The comparison using waveform + CNN models trained directly on the raw waveform, replaces the initial sinc-based convolution of SincNet with a standard 1d convolutional layer27, thus retaining the same network architecture as SincNet. As with SincNet enhancements, a series of parameter searches provided the best parameter combinations to obtain the best performing models.
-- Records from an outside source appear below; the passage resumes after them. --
// How many relations a plan's tree holds, counted up to a limit: no relation is opened once the limit is reached.
ghost use Rattle.std.specs.Prelude.{◌≡◌, ◌+◌, ◌≤◌, min, sum_by};
ghost use Rattle.std.specs.Option.{option_map};
ghost use Rattle.plan_tree.specs.Numbering as numbering;

use crate::count_exprs::{arguments_from, boxed_from, expr_from, exprs_from, option_from};
use plan_leaves::Boxed;
use plan_raw::{
    AggregateFunction, ExprRow, Grouping, Measure, RawCount, RawOffset, RawRel, RawSource,
    SortField,
};

/// The number of relations that a relation holds, itself among them, or the limit where there are more.
pub fn count_relations(rel: &RawRel, limit: u32) -> u32
    ensures { result ≡ min limit (numbering.relation_count rel.now) }
{
    rel_from(0, limit, rel)
}

#[cycle(count)]
fn rel_from(seen: u32, limit: u32, rel: &RawRel) -> u32
    requires { seen ≤ limit }
    ensures { result ≡ min limit (seen + numbering.relation_count rel.now) }
{
    if seen == limit {
        return limit;
    }
    let seen = seen + 1;
    match rel {
        RawRel::Missing | RawRel::Unknown { .. } => seen,
        RawRel::Read { filter, source, .. } => {
            let seen = source_from(seen, limit, source);
            boxed_from(seen, limit, filter)
        }
        RawRel::Filter {
            input,
            condition,
            ..
        } => {
            let seen = input_from(seen, limit, input);
            boxed_from(seen, limit, condition)
        }
        RawRel::Fetch {
            input,
            offset,
            count,
            ..
        } => {
            let seen = input_from(seen, limit, input);
            let seen = offset_from(seen, limit, offset);
            count_from(seen, limit, count)
        }
        RawRel::Aggregate {
            input,
            groupings,
            measures,
            grouping_expressions,
            ..
        } => {
            let seen = input_from(seen, limit, input);
            let seen = groupings_from(seen, limit, groupings.as_slice());
            let seen = exprs_from(seen, limit, grouping_expressions.as_slice());
            measures_from(seen, limit, measures.as_slice())
        }
        RawRel::Sort { input, sorts, .. } => {
            let seen = input_from(seen, limit, input);
            sorts_from(seen, limit, sorts.as_slice())
        }
        RawRel::Join {
            left,
            right,
            expression,
            post_join_filter,
            ..
        } => {
            let seen = input_from(seen, limit, left);
            let seen = input_from(seen, limit, right);
            let seen = boxed_from(seen, limit, expression);
            boxed_from(seen, limit, post_join_filter)
        }
        RawRel::Project {
            input,
            expressions,
            ..
        } => {
            let seen = input_from(seen, limit, input);
            exprs_from(seen, limit, expressions.as_slice())
        }
        RawRel::Set { inputs, .. } => rels_from(seen, limit, inputs.as_slice()),
        RawRel::Cross { left, right, .. } => {
            let seen = input_from(seen, limit, left);
            input_from(seen, limit, right)
        }
    }
}

#[cycle(count)]
pub(crate) fn input_from(seen: u32, limit: u32, rel: &Option<Boxed<RawRel>>) -> u32
    requires { seen ≤ limit }
    ensures { result ≡ min limit (seen + numbering.held (option_map numbering.relation_count rel.now)) }
{
    match rel {
        None => seen,
        Some(rel) => rel_from(seen, limit, rel.get()),
    }
}

#[cycle(count)]
fn rels_from(seen: u32, limit: u32, rels: &[RawRel]) -> u32
    requires { seen ≤ limit }
    ensures { result ≡ min limit (seen + sum_by numbering.relation_count rels.now) }
{
    let mut seen = seen;
    for rel in rels {
        seen = rel_from(seen, limit, rel);
    }
    seen
}

#[cycle(count)]
fn source_from(seen: u32, limit: u32, source: &RawSource) -> u32
    requires { seen ≤ limit }
    ensures { result ≡ min limit (seen + numbering.count_in_source source.now) }
{
    match source {
        RawSource::Missing | RawSource::LocalFiles(_) | RawSource::NamedTable(_) => seen,
        RawSource::VirtualTable(table) => rows_from(seen, limit, table.expressions.as_slice()),
    }
}

#[cycle(count)]
fn rows_from(seen: u32, limit: u32, rows: &[ExprRow]) -> u32
    requires { seen ≤ limit }
    ensures { result ≡ min limit (seen + sum_by numbering.count_in_row rows.now) }
{
    let mut seen = seen;
    for row in rows {
        seen = exprs_from(seen, limit, row.fields.as_slice());
    }
    seen
}

#[cycle(count)]
fn offset_from(seen: u32, limit: u32, offset: &RawOffset) -> u32
    requires { seen ≤ limit }
    ensures { result ≡ min limit (seen + numbering.count_in_offset offset.now) }
{
    match offset {
        RawOffset::Missing | RawOffset::Offset(_) => seen,
        RawOffset::OffsetExpr(expr) => expr_from(seen, limit, expr.get()),
    }
}

#[cycle(count)]
fn count_from(seen: u32, limit: u32, count: &RawCount) -> u32
    requires { seen ≤ limit }
    ensures { result ≡ min limit (seen + numbering.count_in_count count.now) }
{
    match count {
        RawCount::Missing | RawCount::Count(_) => seen,
        RawCount::CountExpr(expr) => expr_from(seen, limit, expr.get()),
    }
}

#[cycle(count)]
fn groupings_from(seen: u32, limit: u32, groupings: &[Grouping]) -> u32
    requires { seen ≤ limit }
    ensures { result ≡ min limit (seen + sum_by numbering.count_in_grouping groupings.now) }
{
    let mut seen = seen;
    for grouping in groupings {
        seen = exprs_from(seen, limit, grouping.grouping_expressions.as_slice());
    }
    seen
}

#[cycle(count)]
fn sorts_from(seen: u32, limit: u32, sorts: &[SortField]) -> u32
    requires { seen ≤ limit }
    ensures { result ≡ min limit (seen + sum_by numbering.count_in_sort sorts.now) }
{
    let mut seen = seen;
    for sort in sorts {
        seen = option_from(seen, limit, &sort.expr);
    }
    seen
}

#[cycle(count)]
fn measures_from(seen: u32, limit: u32, measures: &[Measure]) -> u32
    requires { seen ≤ limit }
    ensures { result ≡ min limit (seen + sum_by numbering.count_in_measure measures.now) }
{
    let mut seen = seen;
    for measure in measures {
        seen = measure_from(seen, limit, measure);
    }
    seen
}

#[cycle(count)]
fn measure_from(seen: u32, limit: u32, measure: &Measure) -> u32
    requires { seen ≤ limit }
    ensures { result ≡ min limit (seen + numbering.count_in_measure measure.now) }
{
    let seen = option_from(seen, limit, &measure.filter);
    match &measure.measure {
        None => seen,
        Some(function) => function_from(seen, limit, function),
    }
}

#[cycle(count)]
fn function_from(seen: u32, limit: u32, function: &AggregateFunction) -> u32
    requires { seen ≤ limit }
    ensures { result ≡ min limit (seen + numbering.count_in_function function.now) }
{
    let seen = sorts_from(seen, limit, function.sorts.as_slice());
    arguments_from(seen, limit, function.arguments.as_slice())
}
The pre-trained models used for comparison are DenseNet121, ResNet50 and VGG16 with architectures and weights sourced from the Torchvision library of PyTorch33. We tested three types of spectrograms: Fast Fourier Transform (FFT), Mel spectrum (Mel) and Mel-frequency cepstral coefficient (MFCC) to fine-tune the pre-trained models. FFT calculations used a frame length of 1024 samples, 896 samples overlap and a Hamming window. Mel spectrogram calculations used 128 Mel bands. Once normalised and scaled to 255 pixel intensity three repeats of the same spectrogram represented each of the three input channels of the pre-trained models. The length of sound used to generate the spectrograms was 3 s, and similarly with routines above, for labelled calls shorter than 3 s the spectrogram would randomly include the surrounding sounds. That is, the extract would randomly start in the interval between the end of the labelled call minus 3 s and the start of the call plus 3 s. This wholly includes the labelled call but its position is random within the 3 s sample. A fully connected layer replaced the final classifying layer of the pre-trained models to output the number of labelled classes. In the fine-tuning process the number of trainable layers of the model was not limited to the final fully connected layer, but also included an adjustable number of final layers to improve the results. The learning rate set initially to 0.0001 was halved if the validation loss stopped decreasing for 10 epochs.

Metrics

Measures of performance include accuracy, ROC AUC, precision, recall, F1 score, top 3 accuracy and top 5 accuracy. Accuracy, calculated as part of the testing routine, is the ratio between the number of correctly predicted files of the test set and the total number of test files. The calculation of the other metrics uses the Scikit-learn module43 relying on the predicted values provided by the model and performing weighted averages. The ROC AUC calculation uses the mean of the posterior probabilities provided by SincNet for each tagged call. In the pre-trained models the ROC AUC calculations used the probabilities obtained after normalising the output with a softmax function.